Dataset items
────────────────────────────────────────

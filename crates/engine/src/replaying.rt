// Lists of calls.
ghost use Rattle.std.specs.Prelude.{◌≡◌, ◌+◌, ◌≤◌, ◌++◌, vec_len, vec_capacity, IfErr, IfOk, OnErr, OnOk};
ghost use Rattle.engine.specs.Beneath.{StoreDoesAll};
ghost use Rattle.engine.specs.Bytes.{asked, given};
ghost use Rattle.engine.specs.Exchanges.{after, answers_in, exchanges};
ghost use Rattle.engine.specs.Installation.{made};
ghost use Rattle.engine.specs.Installed.{means};
ghost use Rattle.engine.specs.Isolation.{Isolates, Isolation, history};
ghost use Rattle.engine.specs.Replayed.{returned, Replays};

use super::{Answer, Call, Installation};
use std::alloc::{AllocError, Global};
use store::Store;

impl<S: Store> Installation<S> {
    // Does calls one after another, and adds their answers.
    #[tactic(auto, unfolding(crate::specs::Beneath::StoreDoesAll, crate::specs::Exchanges::exchanges, crate::specs::Exchanges::after))]
    fn replay_into(&mut self, answers: &mut Vec<Answer<Vec<u8>>>, calls: Vec<Call<Vec<u8>>>)
        requires { vec_len answers.old + vec_len calls ≤ vec_capacity answers.old }
        ensures answers { given answers.new ≡ given answers.old ++ answers_in (exchanges (means S.cells self.old) (asked calls)) }
        ensures after { means S.cells self.new ≡ after (means S.cells self.old) (asked calls) }
        ensures store { StoreDoesAll S.cells S.puts_whole S.puts_half (means S.cells self.old) (asked calls) self.old.store self.new.store }
    {
        for call in calls {
            answers.push_reserved(self.perform(call));
        }
    }

    // Does calls one after another. Where there is no memory for their answers none is done.
    pub fn replay(
        &mut self,
        heap: Global,
        calls: Vec<Call<Vec<u8>>>,
    ) -> Result<Vec<Answer<Vec<u8>>>, AllocError>
        ensures answers { IfOk result (λ answers. given answers ≡ answers_in (exchanges (means S.cells self.old) (asked calls))) }
        ensures after { OnOk result (means S.cells self.new ≡ after (means S.cells self.old) (asked calls)) }
        ensures store { OnOk result (StoreDoesAll S.cells S.puts_whole S.puts_half (means S.cells self.old) (asked calls) self.old.store self.new.store) }
        ensures out_of_memory { OnErr result (self.new ≡ self.old) }
    {
        let mut answers = Vec::with_capacity(heap, calls.len())?;
        self.replay_into(&mut answers, calls);
        Ok(answers)
    }
}

// What came of calls on a new installation: their answers, and the installation after the last.
#[derive(Drop)]
pub struct Replayed<S: Store> {
    pub answers: Vec<Answer<Vec<u8>>>,
    pub installation: Installation<S>,
}

// There was no memory for the answers, and the two stores are as they were.
#[derive(Drop)]
pub struct OutOfMemory<S, T> {
    pub error: AllocError,
    pub first: S,
    pub second: T,
}

// Makes an installation over a store, and does calls on it one after another.
fn replay_new<S: Store>(
    store: S,
    calls: Vec<Call<Vec<u8>>>,
    room: Vec<Answer<Vec<u8>>>,
) -> Replayed<S>
    requires room { vec_len calls ≤ vec_capacity room }
    requires empty { vec_len room ≡ 0 }
    ensures { Replays S.cells S.puts_whole S.puts_half store calls result }
{
    let mut installation = Installation::new(store);
    let mut answers = room;
    installation.replay_into(&mut answers, calls);
    Replayed {
        answers,
        installation,
    }
}

// Room for so many answers, and for so many more.
fn make_room(
    heap: Global,
    first: usize,
    second: usize,
) -> Result<(Vec<Answer<Vec<u8>>>, Vec<Answer<Vec<u8>>>), AllocError>
    ensures first { IfOk result (λ room. (vec_len room.0 ≡ 0) × (first ≤ vec_capacity room.0)) }
    ensures second { IfOk result (λ room. (vec_len room.1 ≡ 0) × (second ≤ vec_capacity room.1)) }
{
    Ok((
        Vec::with_capacity(heap, first)?,
        Vec::with_capacity(heap, second)?,
    ))
}

// Makes two installations over two stores, and does a list of calls on each. Where there is no memory for the answers it gives the stores back.
pub fn replay_both<S: Store, T: Store>(
    heap: Global,
    first: S,
    first_calls: Vec<Call<Vec<u8>>>,
    second: T,
    second_calls: Vec<Call<Vec<u8>>>,
) -> Result<(Replayed<S>, Replayed<T>), OutOfMemory<S, T>>
    ensures first { IfOk result (λ both. Replays S.cells S.puts_whole S.puts_half first first_calls both.0) }
    ensures second { IfOk result (λ both. Replays T.cells T.puts_whole T.puts_half second second_calls both.1) }
    ensures isolation { Isolation S.cells T.cells }
    ensures histories { IfOk result (λ both. (returned S.cells first first_calls both.0 ≡ history (S.cells first) (asked first_calls)) × (returned T.cells second second_calls both.1 ≡ history (T.cells second) (asked second_calls))) }
    ensures isolated { IfOk result (λ both. Isolates (returned S.cells first first_calls both.0) (returned T.cells second second_calls both.1)) }
    ensures out_of_memory { IfErr result (λ lost. (lost.first ≡ first) × (lost.second ≡ second)) }
{
    match make_room(heap, first_calls.len(), second_calls.len()) {
        Ok((first_room, second_room)) => Ok((
            replay_new(first, first_calls, first_room),
            replay_new(second, second_calls, second_room),
        )),
        Err(error) => Err(OutOfMemory {
            error,
            first,
            second,
        }),
    }
}
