// An installation: one store, and places for eight workers in it, each of which knows its own words alone. Its definition is in specs/; the calls of the code are
// proved to be those, over every store.
#![tactic(auto)]

mod admitting;
mod answer;
mod call;
mod calls;
mod fixed;
mod installation;
mod performing;
mod place;
mod refusal;
mod replaying;
mod serving;
mod text;

pub use answer::{Answer, State, Told};
pub use call::{Call, Request, Terms};
pub use fixed::fixed_address;
pub use installation::Installation;
pub use place::Span;
use place::{Place, Worker};
pub use refusal::Refusal;
pub use replaying::{OutOfMemory, Replayed, replay_both};
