// Answer: refusals 9 and 12, and what it sets.
use super::bench::{MEMORY, ends, recorded, scene, seen_first};
use engine::{Refusal, State, Told};
use std::test::Fail;
use words::word_bits;

// B1 to B7 stay, and the report is dropped.
#[test]
fn an_answer_sets_a_q_and_p(rt: HostRuntime) -> Result<(), Fail> {
    for (a, q, p) in [
        (0, 0, 0),
        (1, 2, 3),
        (3, 2, 1),
        ((1 << 30) - 1, 0, 5),
        (0, (1 << 30) - 1, 6),
        (0o1111111111, 0o2222222222, 131_071),
    ] {
        let mut scene = scene(&rt)?;
        assert_eq!(rt; scene.answer(6, a, q, p), Ok(()), "{a}, {q}, {p}");
        let mut registers = recorded(p);
        registers.set_a(word_bits(a));
        registers.set_q(word_bits(q));
        let mut seen = seen_first();
        seen.told[6] = Ok(Told {
            state: State::Ready,
            registers,
        });
        assert_eq!(rt;
            scene.answer(6, a, q, p),
            Err(Refusal::WorkerNotHeld),
            "{a}, {q}, {p}"
        );
        ends(&rt, scene, seen, &MEMORY)?;
    }
    Ok(())
}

────────────────────────────────────────

Work required:
Down to the last line, repeat the data exactly.

Response to this exercise:
filename crates/engine/src/replaying.rt
// Lists of calls.
ghost use Rattle.std.specs.Prelude.{◌≡◌, ◌+◌, ◌≤◌, ◌++◌, vec_len, vec_capacity, IfErr, IfOk, OnErr, OnOk};
ghost use Rattle.engine.specs.Beneath.{StoreDoesAll};
ghost use Rattle.engine.specs.Bytes.{asked, given};
ghost use Rattle.engine.specs.Exchanges.{after, answers_in, exchanges};
ghost use Rattle.engine.specs.Installation.{made};
ghost use Rattle.engine.specs.Installed.{means};
ghost use Rattle.engine.specs.Isolation.{Isolates, Isolation, history};
ghost use Rattle.engine.specs.Replayed.{returned, Replays};

use super::{Answer, Call, Installation};
use std::alloc::{AllocError, Global};
use store::Store;

impl<S: Store> Installation<S> {
    // Does calls one after another, and adds their answers.
    #[tactic(auto, unfolding(crate::specs::Beneath::StoreDoesAll, crate::specs::Exchanges::exchanges, crate::specs::Exchanges::after))]
    fn replay_into(&mut self, answers: &mut Vec<Answer<Vec<u8>>>, calls: Vec<Call<Vec<u8>>>)
        requires { vec_len answers.old + vec_len calls ≤ vec_capacity answers.old }
        ensures answers { given answers.new ≡ given answers.old ++ answers_in (exchanges (means S.cells self.old) (asked calls)) }
        ensures after { means S.cells self.new ≡ after (means S.cells self.old) (asked calls) }
        ensures store { StoreDoesAll S.cells S.puts_whole S.puts_half (means S.cells self.old) (asked calls) self.old.store self.new.store }
    {
        for call in calls {
            answers.push_reserved(self.perform(call));
        }
    }

    // Does calls one after another. Where there is no memory for their answers none is done.
    pub fn replay(
        &mut self,
        heap: Global,
        calls: Vec<Call<Vec<u8>>>,
    ) -> Result<Vec<Answer<Vec<u8>>>, AllocError>
        ensures answers { IfOk result (λ answers. given answers ≡ answers_in (exchanges (means S.cells self.old) (asked calls))) }
        ensures after { OnOk result (means S.cells self.new ≡ after (means S.cells self.old) (asked calls)) }
        ensures store { OnOk result (StoreDoesAll S.cells S.puts_whole S.puts_half (means S.cells self.old) (asked calls) self.old.store self.new.store) }
        ensures out_of_memory { OnErr result (self.new ≡ self.old) }
    {
        let mut answers = Vec::with_capacity(heap, calls.len())?;
        self.replay_into(&mut answers, calls);
        Ok(answers)
    }
}

// What came of calls on a new installation: their answers, and the installation after the last.
#[derive(Drop)]
pub struct Replayed<S: Store> {
    pub answers: Vec<Answer<Vec<u8>>>,
    pub installation: Installation<S>,
}

// There was no memory for the answers, and the two stores are as they were.
#[derive(Drop)]
pub struct OutOfMemory<S, T> {
    pub error: AllocError,
    pub first: S,
    pub second: T,
}

// Makes an installation over a store, and does calls on it one after another.
fn replay_new<S: Store>(
    store: S,
    calls: Vec<Call<Vec<u8>>>,
    room: Vec<Answer<Vec<u8>>>,
) -> Replayed<S>
    requires room { vec_len calls ≤ vec_capacity room }
    requires empty { vec_len room ≡ 0 }
    ensures { Replays S.cells S.puts_whole S.puts_half store calls result }
{
    let mut installation = Installation::new(store);
    let mut answers = room;
    installation.replay_into(&mut answers, calls);
    Replayed {
        answers,
        installation,
    }
}

// Room for so many answers, and for so many more.
fn make_room(
    heap: Global,
    first: usize,
    second: usize,
) -> Result<(Vec<Answer<Vec<u8>>>, Vec<Answer<Vec<u8>>>), AllocError>
    ensures first { IfOk result (λ room. (vec_len room.0 ≡ 0) × (first ≤ vec_capacity room.0)) }
    ensures second { IfOk result (λ room. (vec_len room.1 ≡ 0) × (second ≤ vec_capacity room.1)) }
{
    Ok((
        Vec::with_capacity(heap, first)?,
        Vec::with_capacity(heap, second)?,
    ))
}

// Makes two installations over two stores, and does a list of calls on each. Where there is no memory for the answers it gives the stores back.
pub fn replay_both<S: Store, T: Store>(
    heap: Global,
    first: S,
    first_calls: Vec<Call<Vec<u8>>>,
    second: T,
    second_calls: Vec<Call<Vec<u8>>>,
) -> Result<(Replayed<S>, Replayed<T>), OutOfMemory<S, T>>
    ensures first { IfOk result (λ both. Replays S.cells S.puts_whole S.puts_half first first_calls both.0) }
    ensures second { IfOk result (λ both. Replays T.cells T.puts_whole T.puts_half second second_calls both.1) }
    ensures isolation { Isolation S.cells T.cells }
    ensures histories { IfOk result (λ both. (returned S.cells first first_calls both.0 ≡ history (S.cells first) (asked first_calls)) × (returned T.cells second second_calls both.1 ≡ history (T.cells second) (asked second_calls))) }
    ensures isolated { IfOk result (λ both. Isolates (returned S.cells first first_calls both.0) (returned T.cells second second_calls both.1)) }
    ensures out_of_memory { IfErr result (λ lost. (lost.first ≡ first) × (lost.second ≡ second)) }
{
    match make_room(heap, first_calls.len(), second_calls.len()) {
        Ok((first_room, second_room)) => Ok((
            replay_new(first, first_calls, first_room),
            replay_new(second, second_calls, second_room),
        )),
        Err(error) => Err(OutOfMemory {
            error,
            first,
            second,
        }),
    }
}
// An installation: one store, and places for eight workers in it, each of which knows its own words alone. Its definition is in specs/; the calls of the code are
// proved to be those, over every store.
#![tactic(auto)]

mod admitting;
mod answer;
mod call;
mod calls;
mod fixed;
mod installation;
mod performing;
mod place;
mod refusal;
mod replaying;
mod serving;
mod text;

pub use answer::{Answer, State, Told};
pub use call::{Call, Request, Terms};
pub use fixed::fixed_address;
pub use installation::Installation;
pub use place::Span;
use place::{Place, Worker};
pub use refusal::Refusal;
pub use replaying::{OutOfMemory, Replayed, replay_both};
// Answer: refusals 9 and 12, and what it sets.
use super::bench::{MEMORY, ends, recorded, scene, seen_first};
use engine::{Refusal, State, Told};
use std::test::Fail;
use words::word_bits;

// B1 to B7 stay, and the report is dropped.
#[test]
fn an_answer_sets_a_q_and_p(rt: HostRuntime) -> Result<(), Fail> {
    for (a, q, p) in [
        (0, 0, 0),
        (1, 2, 3),
        (3, 2, 1),
        ((1 << 30) - 1, 0, 5),
        (0, (1 << 30) - 1, 6),
        (0o1111111111, 0o2222222222, 131_071),
    ] {
        let mut scene = scene(&rt)?;
        assert_eq!(rt; scene.answer(6, a, q, p), Ok(()), "{a}, {q}, {p}");
        let mut registers = recorded(p);
        registers.set_a(word_bits(a));
        registers.set_q(word_bits(q));
        let mut seen = seen_first();
        seen.told[6] = Ok(Told {
            state: State::Ready,
            registers,
        });
        assert_eq!(rt;
            scene.answer(6, a, q, p),
            Err(Refusal::WorkerNotHeld),
            "{a}, {q}, {p}"
        );
        ends(&rt, scene, seen, &MEMORY)?;
    }
    Ok(())
}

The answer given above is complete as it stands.